Il peso delle braccia vuote: quando il corpo resta indietro
Nel lutto perinatale esiste una dimensione profonda e spesso trascurata: la distanza tra ciò che comprende la mente e ciò che continua a vivere il corpo.
La mente riceve la notizia, riconosce i fatti, tenta di orientarsi nell’imprevisto. Il corpo, invece, procede con un altro ritmo.
È come se fosse rimasto indietro. Come se le cellule non avessero ancora ricevuto il messaggio essenziale: il bambino non c’è più.
La gravidanza non è solo un’esperienza emotiva, ma un processo biologico complesso, regolato da ormoni, adattamenti fisici, preparazione al nutrimento e all’accoglienza. Quando avviene una perdita, lo shock psichico è immediato; la chimica del corpo, invece, non si interrompe con la stessa rapidità.
Da questo scollamento nasce un disorientamento fisico reale, che può manifestarsi in modi molto concreti.
La montata lattea, forse il paradosso più doloroso: il corpo che si prepara a nutrire una vita che non può più raggiungere.
L’indolenzimento delle braccia: un peso persistente, una tensione muscolare costante. Le braccia si chiudono istintivamente verso il petto, come se cercassero il carico per cui erano state preparate.
Il senso di mutilazione: la percezione fisica che manchi una parte di sé, un vuoto che non è solo emotivo, ma quasi organico.

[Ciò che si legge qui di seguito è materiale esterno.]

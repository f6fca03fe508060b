// Reads frames from standard input until it ends, or until one that it cannot hold, and writes a reply for each.
#![tactic(auto)]

use frame::{Asked, Request};
use named::Answer;
use rules::House;
use std::io;
use std::io::{Read, Write};

// What one frame lends: its house record, and lists and areas as long as it says.
#[derive(Drop)]
struct Loan<'a> {
    house: House,
    quorums: &'a mut [u32],
    weaks: &'a mut [u32],
    board: &'a mut [u8],
    cells: &'a mut [u8],
    heard: &'a mut [u8],
    book: &'a mut [u8],
    waiting: &'a mut [u8],
}

impl Loan<'_> {
    // Fills the lists and the areas from the input.
    fn read<R: Read>(&mut self, input: &mut R) -> io::Result<()> {
        input::read_list(input, self.quorums)?;
        input::read_list(input, self.weaks)?;
        input.read_exact(self.board)?;
        input.read_exact(self.cells)?;
        input.read_exact(self.heard)?;
        input.read_exact(self.book)?;
        input.read_exact(self.waiting)
    }

    // The frame's call, made on it. The lists are lent on as `&mut`, since one lent as `&` beside the areas has no proof rule yet.
    fn serve(&mut self, call: Asked, pairs: [u32; 32]) -> Answer {
        frame::serve(
            &mut self.house,
            self.board,
            self.cells,
            self.heard,
            self.book,
            self.waiting,
            &mut *self.quorums,
            &mut *self.weaks,
            call,
            pairs,
        )
    }

    // The reply's front and the areas.
    fn write<W: Write>(&self, output: &mut W, answer: Answer) -> io::Result<()> {
        let mut front = [0u8; frame::REPLY];
        frame::writing::reply(answer, self.house, &mut front);
        output.write_all(&front)?;
        output.write_all(self.board)?;
        output.write_all(self.cells)?;
        output.write_all(self.heard)?;
        output.write_all(self.book)?;
        output.write_all(self.waiting)
    }

    // The rest of a frame, and its reply; false where the input ends before.
    fn answer<R: Read, W: Write>(
        &mut self,
        input: &mut R,
        output: &mut W,
        call: Asked,
        pairs: [u32; 32],
    ) -> io::Result<bool> {
        if !input::whole(self.read(input))? {
            return Ok(false);
        }
        let answer = self.serve(call, pairs);
        self.write(output, answer)?;
        Ok(true)
    }
}

// As much of a list or an area as is asked; None where that is more than it has.
fn part<T>(of: &mut [T], length: u32) -> Option<&mut [T]> {
    of.get_mut(..length as usize)
}

// The most that a frame may lend.
#[derive(Drop)]
struct Desk {
    quorums: [u32; 70],
    weaks: [u32; 70],
    board: [u8; 42000],
    cells: [u8; 19000],
    heard: [u8; 1200],
    book: [u8; 200],
    waiting: [u8; 200],
}

impl Desk {
    // What a frame lends; None where it cannot be held.
    fn lend(&mut self, request: Request) -> Option<Loan<'_>> {
        let Desk {
            quorums,
            weaks,
            board,
            cells,
            heard,
            book,
            waiting,
        } = self;
        Some(Loan {
            house: request.house,
            quorums: part(quorums, request.quorums)?,
            weaks: part(weaks, request.weaks)?,
            board: part(board, request.board)?,
            cells: part(cells, request.cells)?,
            heard: part(heard, request.heard)?,
            book: part(book, request.book)?,
            waiting: part(waiting, request.waiting)?,
        })
    }

    // One frame; false where the input ends, its call is unknown, or it cannot be held.
    fn one_frame<R: Read, W: Write>(&mut self, input: &mut R, output: &mut W) -> io::Result<bool> {
        let mut front = [0u8; frame::REQUEST];
        if !input::whole(input.read_exact(&mut front))? {
            return Ok(false);
        }
        let request = frame::reading::request(&front);
        let Some(call) = frame::which::found(request.call, request.arguments) else {
            return Ok(false);
        };
        let Some(mut loan) = self.lend(request) else {
            return Ok(false);
        };
        loan.answer(input, output, call, request.pairs)
    }

    // Frame after frame.
    fn run<R: Read, W: Write>(&mut self, input: &mut R, output: &mut W) -> io::Result<()> {
        // a loop with no bound would need the handle Wait, which no crate here has
        for _ in 0..u64::MAX {
            if !self.one_frame(input, output)? {
                return Ok(());
            }
        }
        Ok(())
    }
}

fn main(rt: HostRuntime) -> io::Result<()> {
    let mut input = rt.stdin();
    let mut output = rt.stdout();
    let mut desk = Desk {
        quorums: [0; 70],
        weaks: [0; 70],
        board: [0; 42000],
        cells: [0; 19000],
        heard: [0; 1200],
        book: [0; 200],
        waiting: [0; 200],
    };
    desk.run(&mut input, &mut output)
}
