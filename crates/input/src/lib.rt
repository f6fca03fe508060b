// Input read until it ends: numbers of four bytes each, and whether a reading was whole.
#![tactic(auto)]

ghost use Rattle.std.specs.Prelude.{◌≡◌, ◌≢◌, Ok, Err, IsOk, IfErr, OnOk, true, false, flat_map};
ghost use Rattle.std.specs.Int.{w32, to_le_bytes};
ghost use Rattle.std.specs.Io.KnownBytes.{Consumes};
ghost use Rattle.std.specs.IoError.{error_kind};

use std::io;
use std::io::{ErrorKind, Read};

// The number that four bytes write.
fn number(bytes: [u8; 4]) -> u32
    ensures { to_le_bytes w32 result ≡ bytes }
{
    u32::from_le_bytes(bytes)
}

// Fills a list from the input, four bytes an entry, little-endian.
pub fn read_list<R: Read>(input: &mut R, list: &mut [u32]) -> io::Result<()>
    ensures { OnOk result (Consumes (R.remaining input.old) (R.remaining input.new) (flat_map (to_le_bytes w32) list.new)) }
{
    for entry in list {
        let mut bytes = [0u8; 4];
        input.read_exact(&mut bytes)?;
        *entry = number(bytes);
    }
    Ok(())
}

// Whether what was read is whole; false where the input ended before.
pub fn whole(read: io::Result<()>) -> io::Result<bool>
    ensures done { IsOk read → result ≡ Ok true }
    ensures ended { IfErr read (λ e. error_kind e ≡ ErrorKind.UnexpectedEof → result ≡ Ok false) }
    ensures failed { IfErr read (λ e. error_kind e ≢ ErrorKind.UnexpectedEof → result ≡ Err e) }
{
    match read {
        Ok(()) => Ok(true),
        Err(e) if e.kind() == ErrorKind::UnexpectedEof => Ok(false),
        Err(e) => Err(e),
    }
}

La ricerca sul lutto perinatale mostra che il disagio psicologico e somatico può persistere per molti mesi, e che la sua attenuazione è spesso graduale, non lineare e profondamente individuale. Ansia somatica, senso di pesantezza, tensioni corporee e altri sintomi fisici non si risolvono necessariamente subito dopo l’evento, ma possono accompagnare il processo di adattamento nel tempo.
Per alcune persone, momenti simbolicamente significativi — come la data in cui la gravidanza sarebbe giunta al termine — possono rappresentare snodi emotivi e corporei importanti, in cui il dolore si riattiva o, talvolta, inizia ad attenuarsi. Non si tratta di una regola biologica universale, ma di una possibile risonanza tra il tempo del corpo e quello dell’esperienza vissuta.

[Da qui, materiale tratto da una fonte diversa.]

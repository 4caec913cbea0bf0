//! Errors as numbers, as programs in C see them. The static libraries `dwarf_read_c` and
//! `dwarf_compare` share this, since no crate can use a static library.

#![tactic(auto)]

ghost use Rattle.std.specs.Prelude.{◌≡◌, ◌<◌};
ghost use Rattle.dwarf_fault.specs.Fault.{Means, error_number, fault_of};

use dwarf_read_core::{DwChildren, DwUt, Error, ReaderOffsetId};

/// The error of a call.
///
/// `kind` is the number of the error, which the call also returns. `value` is the position or the
/// value that the error carries, or 0.
#[repr(C)]
#[derive(Clone, Copy)]
pub struct DwarfFault {
    pub kind: u32,
    pub value: u64,
}

/// Returns the number and the value of an error. `include/dwarf_read.h` has the list of numbers.
pub fn fault_of(error: Error) -> DwarfFault
    ensures reported { result ≡ fault_of error }
    ensures nonzero { 0 < result.kind }
{
    // tools/constants writes the arms of both matches, all but the last ones.
    let (kind, value) = match error {
        Error::UnexpectedEof(ReaderOffsetId(position)) => (1, position),
        Error::BadUnsignedLeb128 => (2, 0),
        Error::BadSignedLeb128 => (3, 0),
        Error::AbbreviationTagZero => (4, 0),
        Error::InvalidAbbreviationChildren(DwChildren(value)) => (5, u64::from(value)),
        Error::AttributeNameZero => (6, 0),
        Error::AttributeFormZero => (7, 0),
        Error::DuplicateAbbreviationCode(code) => (8, code),
        Error::UnknownReservedLength(length) => (9, u64::from(length)),
        Error::UnsupportedOffset => (10, 0),
        Error::UnknownVersion(version) => (11, version),
        Error::UnsupportedAddressSize(size) => (12, u64::from(size)),
        Error::UnsupportedSegmentSize(size) => (13, u64::from(size)),
        Error::UnsupportedOffsetSize(size) => (14, u64::from(size)),
        Error::BadUtf8 => (15, 0),
        Error::AddressOverflow => (16, 0),
        Error::UnsupportedRegister(register) => (17, register),
        Error::OutOfMemory => (18, 0),
        Error::UnterminatedAbbreviations(ReaderOffsetId(position)) => (19, position),
        Error::UnknownUnitType(DwUt(value)) => (20, u64::from(value)),
        _ => (255, 0),
    };
    DwarfFault { kind, value }
}

/// Returns the error with the number and the value of a fault, if there is one. For an error that
/// carries nothing the value doesn't matter.
pub fn error_of(fault: &DwarfFault) -> Option<Error>
    ensures { Means fault.now result }
{
    let value = fault.value;
    let error = match fault.kind {
        1 => Error::UnexpectedEof(ReaderOffsetId(value)),
        2 => Error::BadUnsignedLeb128,
        3 => Error::BadSignedLeb128,
        4 => Error::AbbreviationTagZero,
        5 => Error::InvalidAbbreviationChildren(DwChildren(u8::try_from(value).ok()?)),
        6 => Error::AttributeNameZero,
        7 => Error::AttributeFormZero,
        8 => Error::DuplicateAbbreviationCode(value),
        9 => Error::UnknownReservedLength(u32::try_from(value).ok()?),
        10 => Error::UnsupportedOffset,
        11 => Error::UnknownVersion(value),
        12 => Error::UnsupportedAddressSize(u8::try_from(value).ok()?),
        13 => Error::UnsupportedSegmentSize(u8::try_from(value).ok()?),
        14 => Error::UnsupportedOffsetSize(u8::try_from(value).ok()?),
        15 => Error::BadUtf8,
        16 => Error::AddressOverflow,
        17 => Error::UnsupportedRegister(value),
        18 => Error::OutOfMemory,
        19 => Error::UnterminatedAbbreviations(ReaderOffsetId(value)),
        20 => Error::UnknownUnitType(DwUt(u8::try_from(value).ok()?)),
        _ => return None,
    };
    Some(error)
}

/// Writes the error of a call, and returns its number.
pub fn reject(error: Error, fault: &mut DwarfFault) -> u32
    ensures reported { fault.new ≡ fault_of error }
    ensures status { result ≡ error_number error }
    ensures nonzero { 0 < result }
{
    *fault = fault_of(error);
    fault.kind
}
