//! A caller of `dwarf_reader_core`.

ghost use Rattle.std.specs.Prelude.{◌≡◌, IfOk};

use dwarf_read_core::{Reader, ReaderOffset, Result};

/// Consumes a block: its length, as an unsigned LEB128 number, and the bytes that it counts.
/// Returns the bytes.
///
/// # Errors
///
/// Those of [`Reader::read_uleb128`], `UnsupportedOffset` if the length is no offset, and those of
/// [`Reader::split`].
pub fn read_block<R: Reader>(input: &mut R) -> Result<R>
    ensures order { IfOk result (λ block. R.order block ≡ R.order input.old) }
    ensures rest { R.order input.new ≡ R.order input.old }
{
    let len = input.read_uleb128()?;
    input.split(R::Offset::from_u64(len)?)
}
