//! A caller of `dwarf_read_core`.

ghost use Rattle.std.specs.Prelude.{◌≢◌, Err, IfErr};
ghost use Rattle.dwarf_read_core.specs.Answer.{Answer};
ghost use Rattle.dwarf_read_core.specs.Sections.{debug_abbrev_reader};

use dwarf_read_core::{Abbreviation, DebugAbbrev, DebugAbbrevOffset, Error, Reader, Result};
use std::alloc::{AllocError, Global};

/// Returns the table at `offset`, a line for each declaration and for each of its attributes.
///
/// # Errors
///
/// Those of [`DebugAbbrev::abbreviations`].
pub fn table_text<R: Reader>(
    mem: Global,
    section: &DebugAbbrev<R>,
    offset: DebugAbbrevOffset<R::Offset>,
) -> Result<String>
    ensures err { let bytes = R.view (debug_abbrev_reader section.now) in
        IfErr result (λ e. e ≢ Error.OutOfMemory → Answer bytes (R.Offset.value offset.0) (Err e)) }
{
    let table = section.abbreviations(mem, offset)?;
    let mut text = String::new(mem);
    for abbreviation in table.iter() {
        append(abbreviation, &mut text)?;
    }
    Ok(text)
}

// Appends the line of a declaration, and those of its attributes.
fn append(abbreviation: &Abbreviation, text: &mut String) -> std::result::Result<(), AllocError> {
    let (code, tag) = (abbreviation.code(), abbreviation.tag());
    writeln!(text, "{code} {tag}")?;
    for attribute in abbreviation.attributes() {
        let (name, form) = (attribute.name(), attribute.form());
        writeln!(text, "  {name} {form}")?;
    }
    Ok(())
}
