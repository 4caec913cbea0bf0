//! Reading from the bytes of a section.

ghost use Rattle.std.specs.Prelude.{◌≡◌, ◌+◌, ◌^◌, IsSome, IfSome, ◌⊎◌, ◌↔◌, ◌≤◌, ◌<◌, Bool, [], length, take, IfOk, IfErr, OnOk, OnErr, IsTrue};
ghost use Rattle.std.specs.Cow.{cow_slice_items, cow_str_bytes};
ghost use Rattle.std.specs.Str.{IsUtf8};
ghost use Rattle.std.specs.Str.Lossy.{utf8_lossy};
ghost use Rattle.dwarf_base_core.specs.declared.error.Error.TheVariants.{BadUtf8, OutOfMemory};
ghost use Rattle.dwarf_base_core.specs.Format.{word_size};
ghost use Rattle.dwarf_reader_core.specs.Input.{Input, first, IsPartOf, IsBounded, IsFirst, Covers, Takes, TakesByte, TakesNumber, TakesSigned, TakesString};
ghost use Rattle.dwarf_reader_core.specs.Faults.{IsTooShort, IsUnsupportedAddressSize, HasNoByte, ReadsNoAddress, ReadsNoOffset, ReadsNoWord, CloneRanOutOfMemory, is_number_size};
ghost use Rattle.dwarf_reader_core.specs.Leb128.{unsigned64, unsigned16, signed64, IsOver, TakesNoEncoding, ReadsLeb128, ReadsNoLeb128, TakesEncoding};
ghost use Rattle.dwarf_reader_core.specs.InitialLength.{HasLength, HasNoLength};

use crate::leb128::{
    MAX_TENTH_BYTE, MAX_THIRD_BYTE, has_continuation_bit, has_sign_bit, read_sleb128, read_uleb128,
    with_digit, with_sign,
};
use dwarf_base_core::common::Format;
use dwarf_base_core::endianity::Endianity;
use dwarf_base_core::error::{Error, Result};
use dwarf_base_core::reader_offset::{ReaderOffset, ReaderOffsetId};
use std::alloc::Global;
use std::borrow::{CowSlice, CowStr};
use std::fmt::Debug;
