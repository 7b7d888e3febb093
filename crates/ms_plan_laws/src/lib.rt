//! What is promised of plans, proved over the definitions.
#![tactic(auto)]

mod laws;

Riconoscere che non esiste una tempistica “corretta” aiuta a non sentirsi sbagliate quando il malessere fisico persiste, né inadeguate se cambia prima o dopo rispetto alle aspettative.
Nel lutto, spesso, la rabbia si rivolge al corpo. Lo si accusa di non aver protetto, lo si vive come un nemico che continua a produrre latte o sintomi ormai privi di scopo.
Eppure il corpo non ha tradito. Ha fatto esattamente ciò per cui era programmato: prepararsi alla vita. Semmai è anch’esso disorientato, privato improvvisamente del senso verso cui stava tendendo.
Anche il corpo, in questo senso, è coinvolto nel lutto.
Per questo ha bisogno di essere considerato e accudito. Prendersene cura non significa dimenticare, ma riconoscere il luogo che ha ospitato tuo figlio.
Ascoltare i segnali: il bisogno di riposo, di immobilità o di movimento.
Agire con gentilezza fisica: calore, contatto, sonno. Non concessioni, ma necessità.
Dare dignità al dolore muscolare: quel peso alle braccia è reale. Riconoscerlo come un segno dell’assenza può renderlo meno spaventoso.
Il corpo ha bisogno di tempo, così come la mente. Non segue scadenze precise, né risponde ai comandi.
Lascia che attraversi il dolore secondo i suoi ritmi lenti.
Siate gentili con lui: state attraversando questo buio insieme.